-- Opening Marker --

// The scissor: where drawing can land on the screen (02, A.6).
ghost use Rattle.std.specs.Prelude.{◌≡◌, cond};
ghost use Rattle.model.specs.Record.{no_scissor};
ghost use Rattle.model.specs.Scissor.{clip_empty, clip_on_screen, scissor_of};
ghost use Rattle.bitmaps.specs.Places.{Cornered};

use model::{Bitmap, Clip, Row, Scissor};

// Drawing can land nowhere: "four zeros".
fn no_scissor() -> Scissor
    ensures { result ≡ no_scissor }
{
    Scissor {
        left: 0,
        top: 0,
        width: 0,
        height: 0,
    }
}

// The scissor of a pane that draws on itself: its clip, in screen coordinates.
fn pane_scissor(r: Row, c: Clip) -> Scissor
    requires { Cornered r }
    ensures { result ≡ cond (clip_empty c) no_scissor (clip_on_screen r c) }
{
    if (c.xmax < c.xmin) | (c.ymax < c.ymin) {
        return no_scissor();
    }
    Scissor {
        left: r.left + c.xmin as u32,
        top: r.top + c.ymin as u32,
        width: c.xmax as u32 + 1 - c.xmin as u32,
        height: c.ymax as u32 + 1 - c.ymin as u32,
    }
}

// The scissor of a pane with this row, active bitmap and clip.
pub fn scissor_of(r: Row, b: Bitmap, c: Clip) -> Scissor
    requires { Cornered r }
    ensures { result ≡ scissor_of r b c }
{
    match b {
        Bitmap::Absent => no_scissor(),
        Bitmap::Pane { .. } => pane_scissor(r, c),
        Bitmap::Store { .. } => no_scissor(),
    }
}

-- Closing Marker --
-- Opening Marker --

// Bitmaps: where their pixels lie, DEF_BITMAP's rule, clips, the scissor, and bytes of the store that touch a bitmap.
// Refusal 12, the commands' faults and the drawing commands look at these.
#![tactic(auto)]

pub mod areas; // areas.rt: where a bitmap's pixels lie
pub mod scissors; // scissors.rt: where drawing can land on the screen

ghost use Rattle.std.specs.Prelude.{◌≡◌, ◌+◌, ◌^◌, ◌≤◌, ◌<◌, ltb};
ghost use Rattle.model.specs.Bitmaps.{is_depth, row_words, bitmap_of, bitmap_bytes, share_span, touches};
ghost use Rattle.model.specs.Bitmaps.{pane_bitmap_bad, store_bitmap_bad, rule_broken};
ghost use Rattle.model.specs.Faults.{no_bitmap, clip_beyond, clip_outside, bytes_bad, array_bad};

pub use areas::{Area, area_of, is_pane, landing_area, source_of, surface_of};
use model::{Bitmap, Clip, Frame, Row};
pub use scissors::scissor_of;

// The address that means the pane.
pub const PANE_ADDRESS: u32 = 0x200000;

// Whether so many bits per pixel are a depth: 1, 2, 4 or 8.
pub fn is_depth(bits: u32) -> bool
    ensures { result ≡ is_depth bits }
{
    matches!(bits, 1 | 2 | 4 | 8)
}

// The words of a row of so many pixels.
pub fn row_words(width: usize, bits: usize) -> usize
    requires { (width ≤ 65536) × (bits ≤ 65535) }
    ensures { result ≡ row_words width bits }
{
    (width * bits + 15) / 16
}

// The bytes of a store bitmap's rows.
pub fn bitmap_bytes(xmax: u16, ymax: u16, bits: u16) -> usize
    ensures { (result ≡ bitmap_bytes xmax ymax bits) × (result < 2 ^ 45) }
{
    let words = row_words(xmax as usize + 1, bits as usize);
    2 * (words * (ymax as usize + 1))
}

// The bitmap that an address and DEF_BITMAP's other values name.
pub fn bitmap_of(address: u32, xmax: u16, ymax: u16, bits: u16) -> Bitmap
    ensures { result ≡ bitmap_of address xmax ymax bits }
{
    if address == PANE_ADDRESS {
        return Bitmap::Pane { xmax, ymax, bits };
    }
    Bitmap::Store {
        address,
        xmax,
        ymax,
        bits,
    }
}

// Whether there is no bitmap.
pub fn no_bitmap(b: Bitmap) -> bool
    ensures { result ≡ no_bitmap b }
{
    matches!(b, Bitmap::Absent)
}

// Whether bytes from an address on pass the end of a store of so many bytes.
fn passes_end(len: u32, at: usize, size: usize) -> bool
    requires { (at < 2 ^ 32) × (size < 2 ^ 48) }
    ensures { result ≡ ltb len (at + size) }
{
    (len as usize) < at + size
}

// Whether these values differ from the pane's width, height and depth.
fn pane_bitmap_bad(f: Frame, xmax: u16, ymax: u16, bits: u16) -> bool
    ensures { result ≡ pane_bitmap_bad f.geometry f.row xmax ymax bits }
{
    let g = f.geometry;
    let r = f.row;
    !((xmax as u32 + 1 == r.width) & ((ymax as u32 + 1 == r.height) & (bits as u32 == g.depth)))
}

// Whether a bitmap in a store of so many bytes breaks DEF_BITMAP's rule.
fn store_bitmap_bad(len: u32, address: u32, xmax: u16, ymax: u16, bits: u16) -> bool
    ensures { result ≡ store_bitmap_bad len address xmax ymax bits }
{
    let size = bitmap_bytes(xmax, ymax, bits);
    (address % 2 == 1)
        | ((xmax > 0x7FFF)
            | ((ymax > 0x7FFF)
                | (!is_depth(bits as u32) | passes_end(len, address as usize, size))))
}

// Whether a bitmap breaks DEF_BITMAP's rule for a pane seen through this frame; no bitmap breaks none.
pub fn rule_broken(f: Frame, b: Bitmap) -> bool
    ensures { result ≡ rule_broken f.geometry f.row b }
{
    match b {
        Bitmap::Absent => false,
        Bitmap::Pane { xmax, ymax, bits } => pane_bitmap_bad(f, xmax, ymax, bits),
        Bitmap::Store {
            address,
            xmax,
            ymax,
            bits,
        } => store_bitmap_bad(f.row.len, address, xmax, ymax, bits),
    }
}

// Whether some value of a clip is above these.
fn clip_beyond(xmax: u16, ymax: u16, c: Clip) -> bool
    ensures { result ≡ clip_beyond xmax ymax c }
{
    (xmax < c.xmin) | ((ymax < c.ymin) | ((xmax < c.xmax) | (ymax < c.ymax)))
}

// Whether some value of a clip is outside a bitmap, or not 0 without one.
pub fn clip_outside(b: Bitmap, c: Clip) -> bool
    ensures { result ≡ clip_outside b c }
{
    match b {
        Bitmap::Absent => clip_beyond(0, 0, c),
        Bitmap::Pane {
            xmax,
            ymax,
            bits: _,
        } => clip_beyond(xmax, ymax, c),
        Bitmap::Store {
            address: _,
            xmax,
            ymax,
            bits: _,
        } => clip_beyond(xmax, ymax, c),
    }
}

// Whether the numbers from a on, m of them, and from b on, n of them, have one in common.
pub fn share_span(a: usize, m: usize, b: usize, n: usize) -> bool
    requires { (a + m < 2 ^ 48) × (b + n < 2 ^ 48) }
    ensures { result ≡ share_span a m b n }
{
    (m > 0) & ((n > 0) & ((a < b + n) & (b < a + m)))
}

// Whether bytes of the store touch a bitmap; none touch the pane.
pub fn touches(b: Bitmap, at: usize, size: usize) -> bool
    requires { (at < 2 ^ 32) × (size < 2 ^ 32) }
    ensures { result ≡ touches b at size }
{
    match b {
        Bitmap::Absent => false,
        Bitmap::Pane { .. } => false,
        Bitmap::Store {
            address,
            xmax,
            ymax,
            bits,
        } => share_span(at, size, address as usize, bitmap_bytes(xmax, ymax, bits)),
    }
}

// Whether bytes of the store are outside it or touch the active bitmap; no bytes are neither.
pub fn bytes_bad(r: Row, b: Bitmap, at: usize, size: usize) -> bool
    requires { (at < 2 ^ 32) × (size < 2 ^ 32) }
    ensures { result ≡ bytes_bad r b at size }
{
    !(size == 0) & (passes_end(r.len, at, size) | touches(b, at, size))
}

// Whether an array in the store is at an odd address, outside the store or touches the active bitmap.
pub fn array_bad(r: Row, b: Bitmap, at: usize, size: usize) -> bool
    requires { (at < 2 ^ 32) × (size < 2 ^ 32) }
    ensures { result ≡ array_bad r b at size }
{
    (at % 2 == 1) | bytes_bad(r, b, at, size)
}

-- Closing Marker --
-- Opening Marker --

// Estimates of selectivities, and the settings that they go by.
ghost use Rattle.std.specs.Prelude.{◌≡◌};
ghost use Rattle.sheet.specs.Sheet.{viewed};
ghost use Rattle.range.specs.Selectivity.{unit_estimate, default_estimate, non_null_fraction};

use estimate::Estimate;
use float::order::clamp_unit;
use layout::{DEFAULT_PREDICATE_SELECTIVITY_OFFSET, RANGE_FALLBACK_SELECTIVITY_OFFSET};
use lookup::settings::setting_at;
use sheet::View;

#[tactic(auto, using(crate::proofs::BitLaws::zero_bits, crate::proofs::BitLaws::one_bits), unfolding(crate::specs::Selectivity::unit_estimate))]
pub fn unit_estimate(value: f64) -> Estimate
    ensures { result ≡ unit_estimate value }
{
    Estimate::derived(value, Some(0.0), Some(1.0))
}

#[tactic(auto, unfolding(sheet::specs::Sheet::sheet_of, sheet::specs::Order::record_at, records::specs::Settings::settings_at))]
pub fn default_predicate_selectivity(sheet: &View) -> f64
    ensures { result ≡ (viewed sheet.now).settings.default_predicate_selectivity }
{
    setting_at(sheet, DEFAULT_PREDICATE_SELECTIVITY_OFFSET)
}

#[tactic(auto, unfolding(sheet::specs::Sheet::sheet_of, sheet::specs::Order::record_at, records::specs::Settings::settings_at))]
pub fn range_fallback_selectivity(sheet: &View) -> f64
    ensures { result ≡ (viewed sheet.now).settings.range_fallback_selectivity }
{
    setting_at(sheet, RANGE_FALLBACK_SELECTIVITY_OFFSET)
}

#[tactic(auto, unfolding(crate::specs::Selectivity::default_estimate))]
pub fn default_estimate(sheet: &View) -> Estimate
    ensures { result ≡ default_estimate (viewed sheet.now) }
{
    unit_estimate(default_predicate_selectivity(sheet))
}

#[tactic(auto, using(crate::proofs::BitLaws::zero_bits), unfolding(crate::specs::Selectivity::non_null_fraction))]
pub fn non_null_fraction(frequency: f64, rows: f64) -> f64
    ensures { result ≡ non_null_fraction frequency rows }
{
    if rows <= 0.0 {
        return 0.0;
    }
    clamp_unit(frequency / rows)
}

-- Closing Marker --

◆ **PROBLEM REQUIREMENTS**
Reproduce word for word the material above, beginning with the line that contains "result ≡ unit_estimate" and ending with the line that contains "pub fn non_null_fraction(frequency: f64, rows: f64)".

◆ **RESULT OF THE TASK**
    ensures { result ≡ unit_estimate value }
{
    Estimate::derived(value, Some(0.0), Some(1.0))
}

#[tactic(auto, unfolding(sheet::specs::Sheet::sheet_of, sheet::specs::Order::record_at, records::specs::Settings::settings_at))]
pub fn default_predicate_selectivity(sheet: &View) -> f64
    ensures { result ≡ (viewed sheet.now).settings.default_predicate_selectivity }
{
    setting_at(sheet, DEFAULT_PREDICATE_SELECTIVITY_OFFSET)
}

#[tactic(auto, unfolding(sheet::specs::Sheet::sheet_of, sheet::specs::Order::record_at, records::specs::Settings::settings_at))]
pub fn range_fallback_selectivity(sheet: &View) -> f64
    ensures { result ≡ (viewed sheet.now).settings.range_fallback_selectivity }
{
    setting_at(sheet, RANGE_FALLBACK_SELECTIVITY_OFFSET)
}

#[tactic(auto, unfolding(crate::specs::Selectivity::default_estimate))]
pub fn default_estimate(sheet: &View) -> Estimate
    ensures { result ≡ default_estimate (viewed sheet.now) }
{
    unit_estimate(default_predicate_selectivity(sheet))
}

#[tactic(auto, using(crate::proofs::BitLaws::zero_bits), unfolding(crate::specs::Selectivity::non_null_fraction))]
pub fn non_null_fraction(frequency: f64, rows: f64) -> f64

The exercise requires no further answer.